# PHP läuft nicht richtig



## Crazy Bytes (25. August 2003)

Hallo zusammen,

ich habe ein Problem mit PHP. Ich habe einen Apache 2.0.47-Webserver mit PHP
4.3.2 und mySQL 4.0.14 mit der WAMP-Konfiguration auf einem Windows 2000
Pro Rechner laufen (für den Fall das jetzt welche Fragen "Warum denn kein
Linux?", ich habe zu Hause keins und außerdem soll es nur lokal zum testen von
Skripten sein.) Ich habe nun mehrere Tutorials mit PHP gemacht. Die ersten
befassten sich mit dem Rechnen innerhalb von PHP-Seiten. Diese laufen auch,
als nächstes kamen dann PHP-Seiten die Daten von einer anderen Seite
(HTML / PHP) via POST und GET bekommen. Und nun mein Problem:

Seitdem ich diese Seiten getestet habe funktioniert PHP nicht mehr richtig. Trotz
der Endung .php/.php3/.php4, werden die Seiten nicht mehr verarbeitet und
kommen inklusive <?php ... ?>-Tags im Browser an. Erstelle ich neue Seiten
passiert jetzt das Gleiche. Nur meine PHP-Seiten die ich zuvor mit den
Rechenskripten erstellt habe werden noch verarbeitet. Ich erhalte weder eine
Fehlermeldung noch irgendwelche Hinweise. Und glaube auch nicht das die
Seiten-upgreifenden Skripte damit was zu tun haben weil diese nur mit Variablen
und $_POST[""] bzw $HTTP_POST_VARS[""] arbeiten.

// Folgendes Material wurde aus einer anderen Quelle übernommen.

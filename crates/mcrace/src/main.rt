//! Tests servers that speak memcached's text protocol.
#![tactic(auto)]

mod forms;
mod recording;
mod round_statistics;
mod sources;
mod stressing;
mod suite;

ghost use Rattle.std.specs.Prelude.{◌≡◌, false, true};
ghost use Rattle.mc_answers.specs.{Answers.AnswersQuestion, Answers.AnswersRightly, Statuses.status_number, Writing.WritesRightly};
ghost use Rattle.mc_command.specs.{Command.WritesReport, RepeatAnswers.Runs, SelftestAnswers.Selftests, ServeAnswers.Serves};

use crate::forms::{Form, write_in};
use crate::recording::record_server;
use crate::sources::SOURCES;
use crate::stressing::stress_server;
use crate::suite::{answer_of_races, test_races};
use mc_answers::{
    Reader, Sink, Source, Status, Writer, answer_question, explain_fault, unread_line,
    write_generated, write_text,
};
use mc_cli::{CampaignArgs, Question, Request, RunArgs, ServeArgs, read_request};
use mc_command::{
    RunTeller, Told, run_campaign_at, run_selftest, run_target, seed_by, serve_connections,
    servers_of,
};
use mc_connect::{
    HeldDescriptors, STANDARD_INPUT, STANDARD_OUTPUT, TcpNetwork, Unreached, has_port,
};
use std::alloc::Global;
use std::io::{Eprint, ErrorKind, IsTerminal};
use std::net::{Net, TcpListener, TcpStream};
use std::process::ExitCode;
use std::rt::{Clock, Env, Files};
use std::sync::Wait;
use std::thread::Threads;
use std::{env, io};

// The columns of a terminal of which nothing else is known.
const COLUMNS: usize = 80;

// What is known of the terminal that the program runs at.
#[derive(Clone, Copy)]
struct Terminal {
    // Whether standard input is typed there.
    is_input: bool,
    // How many columns it has, if standard error is shown there and a line can be cleared.
    columns: Option<usize>,
}

fn main(rt: HostRuntime) -> ExitCode {
    // Before anything else is opened, and until the end.
    let held = HeldDescriptors::new(&rt);
    let stdin = rt.reader();
    let stderr = rt.stderr();
    let terminal = Terminal {
        is_input: stdin.is_terminal(),
        columns: if stderr.is_terminal() {
            columns_of(&rt)
        } else {
            None
        },
    };
    let mut input = Reader::new(stdin);
    let mut output = Writer::new(rt.stdout());
    let mut faults = Writer::new(stderr);
    let status = match line_of(&rt) {
        Ok(line) => answer(
            &rt,
            line.as_slice(),
            terminal,
            &mut input,
            &mut output,
            &mut faults,
        ),
        Err(error) => unread_line(&error, &mut output, &mut faults).number(),
    };
    tell_failure(
        &rt,
        "standard input",
        held.reason(STANDARD_INPUT, input.error()),
    );
    tell_failure(
        &rt,
        "standard output",
        held.reason(STANDARD_OUTPUT, output.error()),
    );
    ExitCode::from(status)
}

// Answers the line: does what it asks for, or says what the program is.
fn answer<R, I: Source, O: Sink, F: Sink>(
    rt: &R,
    line: &[String],
    terminal: Terminal,
    input: &mut I,
    output: &mut O,
    faults: &mut F,
) -> u8
where
    R: Net<Listener = TcpListener, Stream = TcpStream>
        + Threads
        + Wait
        + Clock
        + Sync
        + Eprint
        + Files
        + AllocGlobal,
{
    if asks_alone(line, &["--built-from"]) {
        return write_text(SOURCES, Status::Success, output).number();
    }
    if let Some(status) = answer_of_races(rt.alloc(), line, output, faults) {
        return status;
    }
    match read_request(rt.alloc(), line) {
        Ok(request) => perform(rt, request, terminal, input, output, faults),
        Err(fault) => match explain_fault(&fault, output, faults) {
            Status::Success if asks_alone(line, &["--version", "-V"]) => {
                write_text(SOURCES, Status::Success, output).number()
            }
            other => other.number(),
        },
    }
}

// Whether the line is the program's name and one of these words.
fn asks_alone(line: &[String], words: &[&str]) -> bool {
    match line {
        [_, word] => words.iter().any(|it| *it == word.as_str()),
        _ => false,
    }
}

// Does what is asked for, and answers the exit status.
fn perform<R, I: Source, O: Sink, F: Sink>(
    rt: &R,
    request: Request<'_>,
    terminal: Terminal,
    input: &mut I,
    output: &mut O,
    faults: &mut F,
) -> u8
where
    R: Net<Listener = TcpListener, Stream = TcpStream>
        + Threads
        + Wait
        + Clock
        + Sync
        + Eprint
        + Files
        + AllocGlobal,
{
    let alloc = rt.alloc();
    let columns = terminal.columns;
    match request {
        Request::Question(question) => {
            tell_reading(rt, terminal, question.input_name());
            if matches!(question, Question::Join) {
                return join(rt, alloc, input, output);
            }
            ask(alloc, question, input, output)
        }
        Request::Generate(seed, job) => write_generated(alloc, seed, job, output).number(),
        Request::Run(target) => {
            tell_portless(rt, terminal, &target);
            tell_reading(rt, terminal, "a script");
            if target.json {
                return play_in_json(rt, alloc, &target, columns, input, output);
            }
            play(rt, alloc, &target, columns, input, output)
        }
        Request::Serve(service) => host(rt, alloc, service, output),
        Request::Record(args) => record_server(rt, &args, output, faults),
        Request::Stress(args) => stress_server(rt, args, columns, output, faults),
        Request::Campaign(target) => campaign(rt, alloc, target, columns, output),
        Request::Selftest => test(rt, alloc, output),
        Request::Test(args) => test_races(rt, &args, columns, output, faults),
    }
}

// Answers the question about the input.
fn ask<I: Source, O: Sink>(alloc: Global, question: Question, input: &mut I, output: &mut O) -> u8
    ensures { (ended : Status) × (result ≡ status_number ended)
        × AnswersQuestion I.left I.has_failed O.written O.has_failed question.entry
        input.old input.new output.old output.new ended }
{
    answer_question(alloc, question, input, output).number()
}

// Joins the reports on the input. Text doesn't say which seed it is of, and standard error says so.
fn join<R, I: Source, O: Sink>(rt: &R, alloc: Global, input: &mut I, output: &mut O) -> u8
where
    R: Eprint,
{
    let mut text = Vec::new(alloc);
    let mut sink = Writer::new(&mut text);
    let status = ask(alloc, Question::Join, input, &mut sink);
    let is_whole = sink.error().is_none();
    if text.first().is_some_and(|byte| byte.is_ascii_digit()) {
        // There is nowhere else to say that this could not be said.
        let _ = eprintln!(rt; "mcrace: the reports are text, so their seed isn't known");
    }
    let text = is_whole.then_some(text.as_slice());
    write_in(alloc, Form::Same, text, status, output)
}

// How many columns the terminal has, by the environment, or 80; or nothing where it can't clear a line.
fn columns_of<R: Env + AllocGlobal>(rt: &R) -> Option<usize> {
    match env::var(rt, "TERM") {
        Ok(kind) if kind.as_str() == "dumb" => return None,
        _ => {}
    }
    match env::var(rt, "COLUMNS") {
        Ok(columns) => Some(columns.as_str().parse::<usize>().unwrap_or(COLUMNS)),
        Err(_) => Some(COLUMNS),
    }
}

// Says on standard error what is read, where a person is to type it.
fn tell_reading<R: Eprint>(rt: &R, terminal: Terminal, name: &str) {
    if terminal.is_input {
        // There is nowhere else to say that this could not be said.
        let _ = eprintln!(rt; "mcrace: reading {name} from the terminal; Ctrl-D ends it");
    }
}

// Says on standard error which servers have no port, before a person types a script in vain.
fn tell_portless<R: Eprint>(rt: &R, terminal: Terminal, target: &RunArgs<'_>) {
    if !terminal.is_input {
        return;
    }
    for server in [Some(target.server), target.a, target.b] {
        if let Some(server) = server
            && !has_port(server)
        {
            let error = io::Error::from(ErrorKind::InvalidInput);
            let unreached = Unreached { server, error };
            // There is nowhere else to say that this could not be said.
            let _ = eprintln!(rt; "mcrace: {unreached}");
        }
    }
}

// Says on standard error why a stream failed. Who closed the other end of a pipe knows it.
fn tell_failure<R: Eprint>(rt: &R, stream: &str, error: Option<&io::Error>) {
    if let Some(error) = error
        && error.kind() != ErrorKind::BrokenPipe
    {
        // There is nowhere else to say that this could not be said.
        let _ = eprintln!(rt; "mcrace: {stream}: {error}");
    }
}

// Runs the script on the input. What is remarked on its runs goes to standard error.
fn play<R, I: Source, O: Sink>(
    rt: &R,
    alloc: Global,
    target: &RunArgs<'_>,
    columns: Option<usize>,
    input: &mut I,
    output: &mut O,
) -> u8
where
    R: Net<Stream = TcpStream> + Threads + Wait + Clock + Sync + Eprint,
    ensures { (ended : Status) × (result ≡ status_number ended)
        × AnswersRightly I.left I.has_failed O.written O.has_failed
        (Runs target.now.repeat target.now.how.why target.now.name) input.old input.new output.old output.new ended }
{
    let mut teller = RunTeller::new(rt, alloc, target, columns);
    let mut network = TcpNetwork::new(rt, servers_of(target));
    let (status, remarks) = run_target(rt, alloc, target, &mut network, &mut teller, input, output);
    teller.tell(&remarks);
    if let Some(statistics) = &teller.statistics {
        // There is nowhere else to say that this could not be said.
        let _ = eprint!(rt; "{statistics}");
    }
    status.number()
}

// Runs the script on the input, and writes in JSON what that comes to.
fn play_in_json<R, I: Source, O: Sink>(
    rt: &R,
    alloc: Global,
    target: &RunArgs<'_>,
    columns: Option<usize>,
    input: &mut I,
    output: &mut O,
) -> u8
where
    R: Net<Stream = TcpStream> + Threads + Wait + Clock + Sync + Eprint,
{
    let mut text = Vec::new(alloc);
    let mut sink = Writer::new(&mut text);
    let status = play(rt, alloc, target, columns, input, &mut sink);
    let is_whole = sink.error().is_none();
    let text = is_whole.then_some(text.as_slice());
    write_in(alloc, Form::Run, text, status, output)
}

// Serves connections. Why there is no listener, or what came of the connections where some were refused, goes to standard error.
fn host<R, O: Sink>(rt: &R, alloc: Global, service: ServeArgs, output: &mut O) -> u8
where
    R: Net<Listener = TcpListener, Stream = TcpStream> + Threads + Wait + Clock + Sync + Eprint,
    ensures { (ended : Status) × (result ≡ status_number ended)
        × WritesRightly O.written O.has_failed (Serves service) output.old output.new ended }
{
    let (ended, told) = serve_connections(rt, alloc, service, output);
    // There is nowhere else to say that this could not be said.
    let _ = match told {
        Told::NoListener(error) => eprintln!(rt; "mcrace: 127.0.0.1:{}: {error}", service.port),
        Told::Connections(listened) if listened.refused > 0 => eprintln!(rt;
            "mcrace: accepted {} refused {}",
            listened.accepted, listened.refused
        ),
        Told::Connections(_) | Told::Nothing => Ok(()),
    };
    ended.number()
}

// Runs the jobs of a campaign, and reports them in the form that is asked for, by a seed that is drawn if that is asked for.
fn campaign<R, O: Sink>(
    rt: &R,
    alloc: Global,
    mut target: CampaignArgs<'_>,
    columns: Option<usize>,
    output: &mut O,
) -> u8
where
    R: Net<Listener = TcpListener, Stream = TcpStream> + Threads + Wait + Clock + Sync + Eprint,
{
    if target.plan.random_seed {
        target.plan.seed = seed_by(rt);
    }
    // A form has the histories of unexplained jobs.
    target.plan.show = target.plan.show || target.plan.json || target.plan.junit;
    let Some(form) = Form::of_campaign(&target) else {
        return report(rt, alloc, &target, columns, output);
    };
    let mut text = Vec::new(alloc);
    let mut sink = Writer::new(&mut text);
    let status = report(rt, alloc, &target, columns, &mut sink);
    let is_whole = sink.error().is_none();
    let text = is_whole.then_some(text.as_slice());
    write_in(alloc, form, text, status, output)
}

// Reports the jobs of a campaign as text.
fn report<R, O: Sink>(
    rt: &R,
    alloc: Global,
    target: &CampaignArgs<'_>,
    columns: Option<usize>,
    output: &mut O,
) -> u8
where
    R: Net<Listener = TcpListener, Stream = TcpStream> + Threads + Wait + Clock + Sync + Eprint,
    ensures answered { O.has_failed output.old ≡ false → O.has_failed output.new ≡ false
        → (ended : Status) × (result ≡ status_number ended)
        × WritesReport target.now.plan target.now.name (O.written output.old) (O.written output.new) ended }
    ensures broken { O.has_failed output.old ≡ false → O.has_failed output.new ≡ true → result ≡ 4 }
{
    run_campaign_at(rt, alloc, target, columns, output).number()
}

// Runs the selftest.
fn test<R, O: Sink>(rt: &R, alloc: Global, output: &mut O) -> u8
where
    R: Net<Listener = TcpListener, Stream = TcpStream> + Threads + Wait + Clock + Sync + Eprint,
    ensures { (ended : Status) × (result ≡ status_number ended)
        × WritesRightly O.written O.has_failed Selftests output.old output.new ended }
{
    run_selftest(rt, alloc, output)
}

// The words of the command line, the program's name first.
fn line_of<R: Env + AllocGlobal>(rt: &R) -> io::Result<Vec<String>> {
    Ok(env::args(rt)?.collect(rt.alloc())?)
}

Ich habe meine httpd.conf,  php.ini und my.ini durchgesehen, gelöscht und erneut
nach WAMP-Konfiguration eingerichtet. Hat aber alles nicht geholfen.

Ich habe folgende Einträge im Apache für PHP:
ScriptAlias /php/ "D:/ApacheGroup/Apache2/php/"

AddType application/x-httpd-php3 .phtml
AddType application/x-httpd-php-source .phps
AddType application/x-httpd-php4 .php4
AddType application/x-httpd-ph3p .php3
AddType application/x-httpd-php .php

Action application/x-httpd-php /php/php.exe
Action application/x-httpd-php4 /php/php.exe
Action application/x-httpd-php3 /php/php.exe
--------------------------------------------------------------------------------------------------------------
Die php.ini habe ich so gelassen wie sie in der php.ini-dist vorgegeben war, weil
die Einträge die für die WAMP-Konfiguration nötig sind bereits drin standen.
--------------------------------------------------------------------------------------------------------------
Und da ich momentan noch keine Skripte mit mySQL erstelle kann eigentlich
auch nicht am mySQL-Server liegen.

Alle meine Skripte haben die Endung .php.

Hat vielleicht einer von Euch eine Idee woran das liegen könnte?

Vielen Dank schon mal für die Mühe
CB


----------



## danube (25. August 2003)

Schau mal in deiner httpd.conf nach einem Eintrag der so ähnlich aussieht:

LoadModule php4_module /usr/libdata/apache/modules/libphp4.so

Wahrscheinlich wird da bei dir auf ne exe verweist. Kontrollier mal ob der Pfad richtig ist...


----------



## Crazy Bytes (25. August 2003)

Ich habe PHP als CGI integriert, nicht als Modul. Ich hab es versucht als Modul zu laden mit dem Eintrag:
LoadModul php4_module php/sapi/php4apache2.dll

So stand es in der install.txt von PHP drin, aber dann bekomme ich immer die Fehlermeldung Cannort load module D:/ApacheGroup/Apache2/php/sapi/php4apache2.dll

Cu, CB


----------



## danube (25. August 2003)

Also, du solltest das folgendermassen reinschreiben:

LoadModule php4_module c:\php\sapi\php4apache.dll

Wenn das immer noch nicht fun_zt lad dir mal die neuste php version runter (http://www.php.net)

bringt das wieder nichts solltest du vielleicht mal ne ältere Apache Version installieren (Nicht Apache2)

hoffe das hilft dir


----------



## Crazy Bytes (25. August 2003)

Hallo nochmal,

ich habe jetzt PHP als Modul und nicht als CGI integriert, aber ich habe nach wie
vor das gleiche Problem.

Ich habe von allen Teilen (PHP, Apache, mySQL) die aktuellsten Versionen die
man momentan bekommen kann.

Bis dann CB.


----------



## danube (25. August 2003)

*mhh*

aber dieser Pfad ist falsch: LoadModul php4_module php/sapi/php4apache2.dll

Es muss heissen: LoadModule php4_module d:\php\sapi\php4apache.dll !

Ansonsten kann ich dir wirklich nur empfehlen ne ältere Apache Version zu installieren!


----------